### Task prompt
Write down, unchanged, the entries from the first line through the line holding "there : ℕ) →". Include no other line.

[Materials provided]

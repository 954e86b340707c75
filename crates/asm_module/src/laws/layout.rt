//! Laws about the layout: the statements have the sizes that were laid out before names had addresses. A law is a function that does
//! nothing and whose clause is a theorem.

ghost use Rattle.std.specs.Prelude.{◌≡◌, ℕ, Bool, true, false, List, None, Some, map};
ghost use Rattle.std.specs.List.{list_any};
ghost use Rattle.asm_expr.specs.Distances.{is_unsized};
ghost use Rattle.asm_expr.specs.Names.{Table, found};
ghost use Rattle.asm_expr.specs.Origins.{is_number_name, is_valued_name};
ghost use Rattle.asm_expr.specs.Settling.{is_constant_name};
ghost use Rattle.asm_expr.specs.declared.meaning.Meaning.{Meaning};
ghost use Rattle.asm_names.specs.Lines.{Taken};
ghost use Rattle.asm_names.specs.Names.{Names, kind_of_name};
ghost use Rattle.asm_names.specs.Layout.{Layout};
ghost use Rattle.asm_stmt.specs.Sized.{IsLike};
ghost use Rattle.asm_module.specs.Layouts.Laid.{statements};
ghost use Rattle.asm_module.specs.Module.Stated.{first_statement_fault, numbered_statements};
ghost use Rattle.asm_module.specs.Layouts.Sizes.{sizes};
ghost use Rattle.asm_names.specs.Meanings.{name_meanings, table_at};

/// Names have the same kinds, whatever the layout is and wherever the statements are.
pub fn kinds_anywhere()
    ensures { (names : Names) (lines : List Taken) (circle : ℕ → Bool) (layout other : Layout) (at there : ℕ) →
        IsLike (table_at layout (name_meanings names lines circle layout) at) (table_at other (name_meanings names lines circle other) there) }
{
    asm_expr::laws::by_names();
    asm_expr::laws::constant_anywhere();
}

/// If no line has an error and each constant is a number, the size of each statement is known, by any table that gives each name the same
/// kind.
pub(super) fn all_sized()
    ensures { (grow : Bool) (names : Names) (t u : Table) (layout : Layout) (lines : List Taken) → IsLike t u →
        ((name : List ℕ) → found t name ≡ None → kind_of_name names name ≡ None) →
        ((name : List ℕ) (what : Meaning) → found t name ≡ Some what → is_constant_name (Some what) ≡ true → is_number_name (Some what) ≡ true) →
        first_statement_fault names t layout lines ≡ None → list_any is_unsized (statements grow u lines) ≡ false }
{
    asm_expr::laws::number_of_numbers();
    asm_stmt::laws::sizes();
}

/// If no line has an error and each name has a value, the statements that lines make have the sizes that were laid out, by any table that
/// gives each name the same kind.
pub(super) fn stated_as_laid()
    ensures { (grow : Bool) (names : Names) (t u : Table) (layout : Layout) (lines : List Taken) → IsLike t u →
        ((name : List ℕ) → found t name ≡ None → kind_of_name names name ≡ None) →
        ((name : List ℕ) (what : Meaning) → found t name ≡ Some what → is_valued_name (Some what) ≡ true) →
        list_any is_unsized t.statements ≡ false →
        first_statement_fault names t layout lines ≡ None → statements grow u lines ≡ sizes (map (λ n. n.1) (numbered_statements grow t layout lines)) }
{
    asm_expr::laws::valued();
    asm_expr::laws::number_of_numbers();
    asm_stmt::laws::sizes();
}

[/Materials provided]

### Task response
repository 954e86b340707c75
filename crates/asm_module/src/laws/layout.rt
//! Laws about the layout: the statements have the sizes that were laid out before names had addresses. A law is a function that does
//! nothing and whose clause is a theorem.

ghost use Rattle.std.specs.Prelude.{◌≡◌, ℕ, Bool, true, false, List, None, Some, map};
ghost use Rattle.std.specs.List.{list_any};
ghost use Rattle.asm_expr.specs.Distances.{is_unsized};
ghost use Rattle.asm_expr.specs.Names.{Table, found};
ghost use Rattle.asm_expr.specs.Origins.{is_number_name, is_valued_name};
ghost use Rattle.asm_expr.specs.Settling.{is_constant_name};
ghost use Rattle.asm_expr.specs.declared.meaning.Meaning.{Meaning};
ghost use Rattle.asm_names.specs.Lines.{Taken};
ghost use Rattle.asm_names.specs.Names.{Names, kind_of_name};
ghost use Rattle.asm_names.specs.Layout.{Layout};
ghost use Rattle.asm_stmt.specs.Sized.{IsLike};
ghost use Rattle.asm_module.specs.Layouts.Laid.{statements};
ghost use Rattle.asm_module.specs.Module.Stated.{first_statement_fault, numbered_statements};
ghost use Rattle.asm_module.specs.Layouts.Sizes.{sizes};
ghost use Rattle.asm_names.specs.Meanings.{name_meanings, table_at};

/// Names have the same kinds, whatever the layout is and wherever the statements are.
pub fn kinds_anywhere()
    ensures { (names : Names) (lines : List Taken) (circle : ℕ → Bool) (layout other : Layout) (at there : ℕ) →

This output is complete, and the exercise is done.